Magazines in public places like doctors' offices and lobbies make up roughly half of all magazine reading time, according to McPheters & Co., which conducted a study of public readership last year, supplemented by a survey of 2,700 people via mail this April. McPheters also found that 87% of people who read magazines in public said they pay as much attention to these issues as they do to ones delivered to their homes. The study may give a boost to magazine publishers that make heavy use of public-place distribution to boost their total circulation figures. Traditionally, advertisers have been skeptical of public-place copies, which fall under the "verified circulation" category in FAS-FAX reports from the Audit Bureau of Circulations. They sometimes accuse publishers of simply using them to inflate their circulation figures.
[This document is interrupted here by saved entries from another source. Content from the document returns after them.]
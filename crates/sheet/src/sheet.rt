// The sheet of a list of samples: its pages, one behind the other.
ghost use Rattle.std.specs.Prelude.{◌≡◌, ◌*◌, ◌≤◌, IfOk, drop, length};
ghost use Rattle.base.specs.BigEndian.{overwrite};
ghost use Rattle.base.specs.Reply.{replied, converted};
ghost use Rattle.lent_samples.specs.Samples.{samples_of, samples_in};
ghost use Rattle.sheet.specs.Page.{page_samples, page_length, page_text};
ghost use Rattle.sheet.specs.Sheet.{pages_for, pages_text, sheet_text, with_magnets, sheet_reply, sheet_output, page_reply, page_output};

use crate::page::{PAGE_LEN, PAGE_SAMPLES, put_page};
use airframe::{BoardMap, Magnets};
use base::Refusal;
use lent_samples::{SAMPLE_LEN, count_samples};

// How many characters the sheet of samples takes; or 5, 6, 9 or 11. The map is not asked, so that who reads it
// afterwards gives the lowest number that fits.
pub fn sheet_len(samples: &[u8], magnets: u8, room: usize) -> Result<usize, Refusal>
    ensures { replied result ≡ sheet_reply samples.now magnets room }
{
    let (len, _) = sheet_fits(samples, magnets, room)?;
    Ok(len)
}

// Writes the sheet of samples, and says how many characters it has; or 5, 6, 9 or 11.
pub fn write_sheet(
    samples: &[u8],
    map: BoardMap,
    magnets: u8,
    out: &mut [u8],
) -> Result<usize, Refusal>
    ensures value { replied result ≡ sheet_reply samples.now magnets (length out.old) }
    ensures out_after { out.new ≡ sheet_output samples.now map magnets out.old }
    ensures long { IfOk result (λ n. length (sheet_text map magnets (samples_in samples.now)) ≡ n) }
{
    let (len, magnets) = sheet_fits(samples, magnets, out.len())?;
    let (samples, _) = samples.as_chunks::<SAMPLE_LEN>();
    put_pages(samples, len / PAGE_LEN, map, magnets, out);
    Ok(len)
}

// Writes the page of at most 40 samples that has this number; or 5, 6, 9 or 11.
pub fn write_page(
    number: u64,
    samples: &[u8],
    map: BoardMap,
    magnets: u8,
    out: &mut [u8],
) -> Result<usize, Refusal>
    ensures value { replied result ≡ page_reply samples.now magnets (length out.old) }
    ensures out_after { out.new ≡ page_output number samples.now map magnets out.old }
    ensures long { IfOk result (λ n. length (page_text number map magnets (samples_in samples.now)) ≡ n) }
{
    if PAGE_SAMPLES * SAMPLE_LEN < samples.len() {
        return Err(Refusal::Length);
    }
    let (len, magnets) = sheet_fits(samples, magnets, out.len())?;
    let (samples, _) = samples.as_chunks::<SAMPLE_LEN>();
    put_page(number, samples, map, magnets, out, 0);
    Ok(len)
}

// How many characters the sheet takes, and the magnets that were read.
#[tactic(auto, unfolding(crate::specs::Sheet::sheet_reply))]
fn sheet_fits(samples: &[u8], magnets: u8, room: usize) -> Result<(usize, Magnets), Refusal>
    ensures { replied result ≡ converted (with_magnets magnets) (sheet_reply samples.now magnets room) }
{
    let pages = pages_for(count_samples(samples)?);
    if room / PAGE_LEN < pages {
        return Err(Refusal::Space);
    }
    let magnets = Magnets::try_from(magnets)?;
    Ok((pages * PAGE_LEN, magnets))
}

// How many pages so many samples take.
#[tactic(auto, unfolding(crate::specs::Sheet::pages_for))]
fn pages_for(count: usize) -> usize
    ensures { result ≡ pages_for count }
{
    count.div_ceil(PAGE_SAMPLES).max(1)
}

fn put_pages(
    samples: &[[u8; SAMPLE_LEN]],
    pages: usize,
    map: BoardMap,
    magnets: Magnets,
    out: &mut [u8],
)
    requires { pages * page_length ≤ length out.old }
    ensures out_after { out.new ≡ overwrite 0 (pages_text map magnets (samples_of samples.now) pages) out.old }
    ensures long { length (pages_text map magnets (samples_of samples.now) pages) ≡ pages * page_length }
{
    let mut rest = samples;
    for page in 0..pages {
        put_page(page as u64 + 1, rest, map, magnets, out, page * PAGE_LEN);
        rest = behind_page(rest);
    }
}

// The samples of the pages behind the first.
#[tactic(auto, using(std::proofs::lemmas::List::drop_min))]
fn behind_page(samples: &[[u8; SAMPLE_LEN]]) -> &[[u8; SAMPLE_LEN]]
    ensures { result.now ≡ drop page_samples samples.now }
{
    let first = PAGE_SAMPLES.min(samples.len());
    samples.split_at(first).1
}
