// The paper sheet: delivered samples as pages of rows, for maintenance to file. No public function has a `requires`.
#![tactic(auto)]

mod field;
mod page;
mod row;
mod row_text;
mod sheet;

pub use page::{PAGE_LEN, PAGE_SAMPLES};
pub use sheet::{sheet_len, write_page, write_sheet};
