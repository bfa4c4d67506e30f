// The rows of a page, each of 53 characters and an LF.
ghost use Rattle.std.specs.Prelude.{◌≡◌, length};
ghost use Rattle.sheet.specs.Row.{head_text, row_text, blank_row};

use crate::field::{BLANK, right, volts};
use crate::row_text::RowText;
use airframe::{BoardMap, Magnets};
use esc_lanes::EscTelemetryUpdate;

// Row one: the page's number, of which six digits are shown.
#[tactic(auto, unfolding(crate::specs::Row::head_text))]
pub(crate) fn head(number: u64) -> RowText
    ensures text { result ≡ head_text number }
    ensures long { length result ≡ 54 }
{
    let mut row = RowText::new();
    row.put(b"PAGE");
    row.put(&right::<6>(number % 1_000_000));
    row.put(&[BLANK; 43]);
    row.put(b"\n");
    row
}

// The row of a sample. Its motor is the one that the board map has on its lane.
#[tactic(auto, unfolding(crate::specs::Row::row_text))]
pub(crate) fn sample_row(map: BoardMap, magnets: Magnets, update: EscTelemetryUpdate) -> RowText
    ensures text { result ≡ row_text map magnets update }
    ensures long { length result ≡ 54 }
{
    let observation = update.observation;
    let sample = observation.sample;
    let motor = u8::from(map.motor(update.output));
    let speed = magnets.speed(sample.erpm_div100);
    let mut row = RowText::new();
    row.put(&right::<10>(u64::from(observation.request_sequence)));
    row.put(b" ");
    row.put(&right::<1>(u64::from(motor)));
    row.put(b" ");
    row.put(&right::<20>(observation.observed_at_ms));
    row.put(b" ");
    row.put(&right::<7>(u64::from(speed)));
    row.put(b" ");
    row.put(&volts(sample.voltage_cv));
    row.put(b" ");
    row.put(&right::<4>(u64::from(sample.temperature_c)));
    row.put(b"\n");
    row
}

// A row with nothing on it.
#[tactic(auto, unfolding(crate::specs::Row::blank_row))]
pub(crate) fn blank() -> RowText
    ensures text { result ≡ blank_row }
    ensures long { length result ≡ 54 }
{
    let mut row = RowText::new();
    row.put(&[BLANK; 53]);
    row.put(b"\n");
    row
}
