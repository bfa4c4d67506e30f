// The characters of a row, one piece behind the other.
ghost use Rattle.std.specs.Prelude.{◌≡◌, ℕ, ◌+◌, ◌≤◌, List, [], ◌++◌, length, take};

use crate::field::BLANK;
use std::marker::Model;

// As many as a row has: 53 and an LF.
pub(crate) const ROW_LEN: usize = 54;

#[derive(Drop)]
pub(crate) struct RowText {
    characters: [u8; ROW_LEN],
    len: usize,
}

impl Model for RowText {
    ghost Value = { List ℕ };

    ghost view = { λ r. take r.len r.characters };

    ghost invariant = { λ r. r.len ≤ 54 };
}

impl RowText {
    // None yet.
    pub(crate) fn new() -> Self
        ensures { result ≡ [] }
    {
        Self {
            characters: [BLANK; ROW_LEN],
            len: 0,
        }
    }

    // Puts a piece behind those that are there.
    pub(crate) fn put(&mut self, piece: &[u8])
        requires { length self.old + length piece.now ≤ 54 }
        ensures { self.new ≡ self.old ++ piece.now }
    {
        let end = self.len + piece.len();
        self.characters[self.len..end].copy_from_slice(piece);
        self.len = end;
    }

    // The characters, to be written.
    pub(crate) fn as_slice(&self) -> &[u8]
        ensures { result.now ≡ self.now }
    {
        &self.characters[..self.len]
    }
}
BusinessWeek Launches... Food Blog?

Yes, executives are people, too. Guessing that its readers like good food as much as anyone--maybe more, if they have a corporate credit card--BusinessWeek.com is launching a blog called "Working Lunch" by senior writer Michael Orey, who usually covers legal affairs. The blog will cover the high and low ends of dining. Orey will write about meals, restaurants and recipes.

Forbes Publisher Steps Down

Jim Berrien is giving up his roles as president and publisher for the Forbes Magazine Group, effective by the end of the year. Berrien will continue with the company as chairman of Forbes magazine. His departure comes after a tough first half of the year for the magazine, which is suffering from the same secular downturn affecting other business titles. During January-June, ad pages fell 12.6% to 1,307, according to the Publishers Information Bureau. Similarly, BusinessWeek is down 14.8%, Entrepreneur 4.3%, Fortune Small Business 14.3%, Kiplinger's Personal Finance 15.3%, and SmartMoney 21.9%.